--- Data for review Enclosed Below ---

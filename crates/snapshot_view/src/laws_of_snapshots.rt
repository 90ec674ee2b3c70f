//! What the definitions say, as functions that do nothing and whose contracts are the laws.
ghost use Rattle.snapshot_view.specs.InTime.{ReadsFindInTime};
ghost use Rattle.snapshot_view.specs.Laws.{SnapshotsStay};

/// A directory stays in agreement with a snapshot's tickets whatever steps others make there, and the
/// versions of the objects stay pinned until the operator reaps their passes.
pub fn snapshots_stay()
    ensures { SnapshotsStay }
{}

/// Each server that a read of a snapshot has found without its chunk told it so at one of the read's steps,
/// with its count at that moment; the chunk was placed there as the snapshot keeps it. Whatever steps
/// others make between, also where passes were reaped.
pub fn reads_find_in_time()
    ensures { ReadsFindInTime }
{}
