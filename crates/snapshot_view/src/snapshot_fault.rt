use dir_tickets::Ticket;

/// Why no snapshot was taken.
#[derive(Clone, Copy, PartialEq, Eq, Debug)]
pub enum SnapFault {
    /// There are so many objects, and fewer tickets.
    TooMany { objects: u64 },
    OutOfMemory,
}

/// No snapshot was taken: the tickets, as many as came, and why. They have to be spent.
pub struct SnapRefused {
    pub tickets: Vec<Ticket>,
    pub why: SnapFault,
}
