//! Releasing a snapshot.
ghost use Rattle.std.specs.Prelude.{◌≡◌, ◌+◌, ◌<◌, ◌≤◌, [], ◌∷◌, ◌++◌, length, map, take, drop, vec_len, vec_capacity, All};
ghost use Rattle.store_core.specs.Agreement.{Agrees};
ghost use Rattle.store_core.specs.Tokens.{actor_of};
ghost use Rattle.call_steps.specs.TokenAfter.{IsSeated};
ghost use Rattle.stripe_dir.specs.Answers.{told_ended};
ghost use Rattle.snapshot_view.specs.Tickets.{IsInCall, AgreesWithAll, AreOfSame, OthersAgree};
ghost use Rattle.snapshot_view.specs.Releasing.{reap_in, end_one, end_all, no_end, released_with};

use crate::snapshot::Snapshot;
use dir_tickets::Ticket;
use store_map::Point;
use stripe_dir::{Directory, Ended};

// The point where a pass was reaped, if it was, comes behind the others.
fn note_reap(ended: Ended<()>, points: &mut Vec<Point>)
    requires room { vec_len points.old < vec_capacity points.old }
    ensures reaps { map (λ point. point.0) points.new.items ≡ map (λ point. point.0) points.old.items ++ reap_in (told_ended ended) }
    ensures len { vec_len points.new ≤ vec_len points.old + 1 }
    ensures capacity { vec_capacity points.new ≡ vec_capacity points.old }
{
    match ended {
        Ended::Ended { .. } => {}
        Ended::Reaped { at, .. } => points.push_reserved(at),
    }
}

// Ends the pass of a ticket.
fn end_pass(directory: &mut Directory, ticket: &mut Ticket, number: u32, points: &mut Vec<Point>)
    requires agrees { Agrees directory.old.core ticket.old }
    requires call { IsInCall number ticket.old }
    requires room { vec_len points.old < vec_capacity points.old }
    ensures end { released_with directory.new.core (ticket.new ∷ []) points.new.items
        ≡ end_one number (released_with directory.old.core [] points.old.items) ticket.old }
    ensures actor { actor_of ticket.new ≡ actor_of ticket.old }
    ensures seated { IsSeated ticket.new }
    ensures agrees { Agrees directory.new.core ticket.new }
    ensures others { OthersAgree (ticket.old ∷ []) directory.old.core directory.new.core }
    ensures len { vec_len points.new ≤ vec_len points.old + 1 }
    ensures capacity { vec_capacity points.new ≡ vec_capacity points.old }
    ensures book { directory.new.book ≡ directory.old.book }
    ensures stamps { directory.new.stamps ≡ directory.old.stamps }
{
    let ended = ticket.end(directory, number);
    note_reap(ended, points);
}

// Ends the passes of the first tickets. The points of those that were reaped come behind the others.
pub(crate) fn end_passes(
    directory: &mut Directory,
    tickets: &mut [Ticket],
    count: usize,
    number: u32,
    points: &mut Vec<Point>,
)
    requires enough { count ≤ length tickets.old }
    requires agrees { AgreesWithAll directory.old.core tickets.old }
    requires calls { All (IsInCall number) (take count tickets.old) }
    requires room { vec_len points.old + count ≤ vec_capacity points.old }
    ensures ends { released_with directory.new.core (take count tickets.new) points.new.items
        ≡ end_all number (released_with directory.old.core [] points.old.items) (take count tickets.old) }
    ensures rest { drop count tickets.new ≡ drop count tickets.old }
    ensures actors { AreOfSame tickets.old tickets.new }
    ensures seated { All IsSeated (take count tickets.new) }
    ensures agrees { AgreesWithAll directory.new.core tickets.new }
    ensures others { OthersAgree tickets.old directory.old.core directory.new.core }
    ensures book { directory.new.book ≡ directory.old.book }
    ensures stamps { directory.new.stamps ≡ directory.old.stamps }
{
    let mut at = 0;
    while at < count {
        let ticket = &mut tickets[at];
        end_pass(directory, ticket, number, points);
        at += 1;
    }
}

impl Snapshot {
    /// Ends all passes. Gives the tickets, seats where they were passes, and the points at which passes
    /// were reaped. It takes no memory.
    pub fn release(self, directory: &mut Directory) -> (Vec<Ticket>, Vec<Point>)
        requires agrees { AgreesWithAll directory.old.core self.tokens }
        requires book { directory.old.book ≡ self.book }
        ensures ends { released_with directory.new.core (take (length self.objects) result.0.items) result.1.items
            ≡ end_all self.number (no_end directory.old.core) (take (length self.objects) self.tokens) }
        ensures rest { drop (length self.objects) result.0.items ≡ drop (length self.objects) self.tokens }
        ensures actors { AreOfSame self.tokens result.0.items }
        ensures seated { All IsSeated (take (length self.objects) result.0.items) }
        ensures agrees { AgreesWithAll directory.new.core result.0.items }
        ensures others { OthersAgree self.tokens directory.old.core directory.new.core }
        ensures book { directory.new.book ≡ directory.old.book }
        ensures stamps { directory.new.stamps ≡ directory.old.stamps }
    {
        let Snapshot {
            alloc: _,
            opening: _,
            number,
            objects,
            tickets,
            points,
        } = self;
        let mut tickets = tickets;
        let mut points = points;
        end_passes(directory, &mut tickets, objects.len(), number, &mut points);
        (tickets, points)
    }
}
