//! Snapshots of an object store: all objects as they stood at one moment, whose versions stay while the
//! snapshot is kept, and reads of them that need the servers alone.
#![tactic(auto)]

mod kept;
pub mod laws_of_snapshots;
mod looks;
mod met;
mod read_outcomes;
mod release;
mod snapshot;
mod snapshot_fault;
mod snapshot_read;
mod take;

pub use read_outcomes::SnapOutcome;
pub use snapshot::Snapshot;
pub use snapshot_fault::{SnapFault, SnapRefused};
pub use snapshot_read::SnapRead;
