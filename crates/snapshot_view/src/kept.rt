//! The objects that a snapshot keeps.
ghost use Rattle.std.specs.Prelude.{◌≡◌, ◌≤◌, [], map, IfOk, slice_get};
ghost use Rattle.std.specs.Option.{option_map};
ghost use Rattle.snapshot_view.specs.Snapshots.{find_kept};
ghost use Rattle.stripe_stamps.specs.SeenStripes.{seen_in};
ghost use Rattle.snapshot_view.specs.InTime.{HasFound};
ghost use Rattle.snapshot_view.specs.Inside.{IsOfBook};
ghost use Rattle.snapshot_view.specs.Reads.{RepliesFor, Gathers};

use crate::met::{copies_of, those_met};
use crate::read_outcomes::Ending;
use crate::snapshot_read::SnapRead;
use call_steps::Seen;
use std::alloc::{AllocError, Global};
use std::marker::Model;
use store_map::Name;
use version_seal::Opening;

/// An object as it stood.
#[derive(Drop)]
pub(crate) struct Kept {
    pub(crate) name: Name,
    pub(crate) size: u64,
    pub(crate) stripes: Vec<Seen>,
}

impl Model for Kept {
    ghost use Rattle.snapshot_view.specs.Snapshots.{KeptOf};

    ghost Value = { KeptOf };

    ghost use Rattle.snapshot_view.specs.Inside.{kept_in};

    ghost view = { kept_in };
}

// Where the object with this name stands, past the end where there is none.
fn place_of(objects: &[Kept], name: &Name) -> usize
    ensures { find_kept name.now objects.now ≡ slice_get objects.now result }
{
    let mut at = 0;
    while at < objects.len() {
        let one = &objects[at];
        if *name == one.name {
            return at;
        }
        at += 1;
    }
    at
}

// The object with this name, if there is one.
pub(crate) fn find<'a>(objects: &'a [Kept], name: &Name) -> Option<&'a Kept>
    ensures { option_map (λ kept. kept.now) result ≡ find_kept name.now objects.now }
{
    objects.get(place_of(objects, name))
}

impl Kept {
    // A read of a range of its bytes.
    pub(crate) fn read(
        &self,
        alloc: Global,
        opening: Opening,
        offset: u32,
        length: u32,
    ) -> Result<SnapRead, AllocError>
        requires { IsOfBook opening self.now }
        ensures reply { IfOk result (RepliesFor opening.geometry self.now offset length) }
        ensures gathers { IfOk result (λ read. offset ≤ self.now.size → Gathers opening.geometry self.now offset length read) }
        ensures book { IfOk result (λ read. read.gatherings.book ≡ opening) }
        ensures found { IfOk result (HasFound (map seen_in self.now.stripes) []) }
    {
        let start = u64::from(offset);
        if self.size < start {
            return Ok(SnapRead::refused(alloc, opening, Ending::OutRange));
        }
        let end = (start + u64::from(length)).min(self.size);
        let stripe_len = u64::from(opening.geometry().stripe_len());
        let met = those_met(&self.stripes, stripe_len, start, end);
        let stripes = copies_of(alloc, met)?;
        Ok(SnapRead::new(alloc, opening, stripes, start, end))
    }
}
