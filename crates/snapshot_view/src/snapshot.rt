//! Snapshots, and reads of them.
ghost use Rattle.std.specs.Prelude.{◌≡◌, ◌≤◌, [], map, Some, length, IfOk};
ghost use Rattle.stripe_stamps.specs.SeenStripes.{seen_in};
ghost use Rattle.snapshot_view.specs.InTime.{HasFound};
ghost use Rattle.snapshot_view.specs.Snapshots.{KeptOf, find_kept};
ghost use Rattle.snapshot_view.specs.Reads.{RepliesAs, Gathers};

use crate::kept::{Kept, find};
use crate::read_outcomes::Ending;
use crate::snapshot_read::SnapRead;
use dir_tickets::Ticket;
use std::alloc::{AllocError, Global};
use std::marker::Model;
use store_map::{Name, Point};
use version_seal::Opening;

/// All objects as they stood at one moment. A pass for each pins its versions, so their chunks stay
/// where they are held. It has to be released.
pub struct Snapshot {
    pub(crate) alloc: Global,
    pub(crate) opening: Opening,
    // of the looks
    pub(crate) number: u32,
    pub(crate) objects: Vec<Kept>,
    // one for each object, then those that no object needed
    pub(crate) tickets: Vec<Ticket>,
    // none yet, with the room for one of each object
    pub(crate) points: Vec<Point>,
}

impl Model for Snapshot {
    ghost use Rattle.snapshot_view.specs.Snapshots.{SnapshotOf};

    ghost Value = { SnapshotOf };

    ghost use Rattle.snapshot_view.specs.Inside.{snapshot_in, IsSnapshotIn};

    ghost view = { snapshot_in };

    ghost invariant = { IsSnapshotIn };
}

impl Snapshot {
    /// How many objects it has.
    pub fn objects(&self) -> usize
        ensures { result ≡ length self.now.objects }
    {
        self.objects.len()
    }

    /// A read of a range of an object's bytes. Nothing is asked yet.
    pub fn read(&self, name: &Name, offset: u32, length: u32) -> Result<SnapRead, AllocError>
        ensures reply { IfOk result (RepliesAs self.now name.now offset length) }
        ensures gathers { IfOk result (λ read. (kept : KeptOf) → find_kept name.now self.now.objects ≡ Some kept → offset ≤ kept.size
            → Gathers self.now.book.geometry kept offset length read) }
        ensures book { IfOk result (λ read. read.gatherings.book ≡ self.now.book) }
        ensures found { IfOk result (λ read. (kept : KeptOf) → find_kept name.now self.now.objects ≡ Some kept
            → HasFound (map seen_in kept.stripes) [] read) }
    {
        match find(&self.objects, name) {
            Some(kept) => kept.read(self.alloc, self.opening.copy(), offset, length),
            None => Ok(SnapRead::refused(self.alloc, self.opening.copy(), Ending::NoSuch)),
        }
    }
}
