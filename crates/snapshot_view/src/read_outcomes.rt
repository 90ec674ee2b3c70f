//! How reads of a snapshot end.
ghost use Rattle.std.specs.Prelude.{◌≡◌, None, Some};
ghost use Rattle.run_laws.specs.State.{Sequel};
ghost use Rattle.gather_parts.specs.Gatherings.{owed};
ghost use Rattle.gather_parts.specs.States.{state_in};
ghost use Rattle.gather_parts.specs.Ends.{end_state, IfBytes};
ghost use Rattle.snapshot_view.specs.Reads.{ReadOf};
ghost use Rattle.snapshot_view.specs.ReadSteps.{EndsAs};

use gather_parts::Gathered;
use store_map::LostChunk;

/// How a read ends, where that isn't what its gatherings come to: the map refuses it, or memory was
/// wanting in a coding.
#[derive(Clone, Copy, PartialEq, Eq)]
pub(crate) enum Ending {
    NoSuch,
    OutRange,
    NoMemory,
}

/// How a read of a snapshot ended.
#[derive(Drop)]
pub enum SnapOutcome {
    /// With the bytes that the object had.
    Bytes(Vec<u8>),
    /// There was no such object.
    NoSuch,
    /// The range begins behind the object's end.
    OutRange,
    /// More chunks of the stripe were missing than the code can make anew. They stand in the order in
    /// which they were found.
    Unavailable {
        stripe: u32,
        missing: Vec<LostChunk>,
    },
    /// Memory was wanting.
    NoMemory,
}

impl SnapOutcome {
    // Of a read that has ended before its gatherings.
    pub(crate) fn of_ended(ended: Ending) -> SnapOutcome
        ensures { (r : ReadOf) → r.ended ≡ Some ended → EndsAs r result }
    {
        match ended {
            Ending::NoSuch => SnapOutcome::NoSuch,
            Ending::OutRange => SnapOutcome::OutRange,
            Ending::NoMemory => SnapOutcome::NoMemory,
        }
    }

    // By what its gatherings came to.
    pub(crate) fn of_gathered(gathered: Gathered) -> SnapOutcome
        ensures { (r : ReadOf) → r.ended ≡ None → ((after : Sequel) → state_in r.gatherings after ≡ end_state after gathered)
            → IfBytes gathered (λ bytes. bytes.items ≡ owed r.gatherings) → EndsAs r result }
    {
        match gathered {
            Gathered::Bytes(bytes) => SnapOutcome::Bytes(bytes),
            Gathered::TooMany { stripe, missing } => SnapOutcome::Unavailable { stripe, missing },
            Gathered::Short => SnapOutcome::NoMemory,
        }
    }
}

--- End of Enclosed Data for review ---

Write out every line from the data above that includes "Clone".

▶ [Written solution]
#[derive(Clone, Copy, PartialEq, Eq, Debug)]
#[derive(Clone, Copy, PartialEq, Eq)]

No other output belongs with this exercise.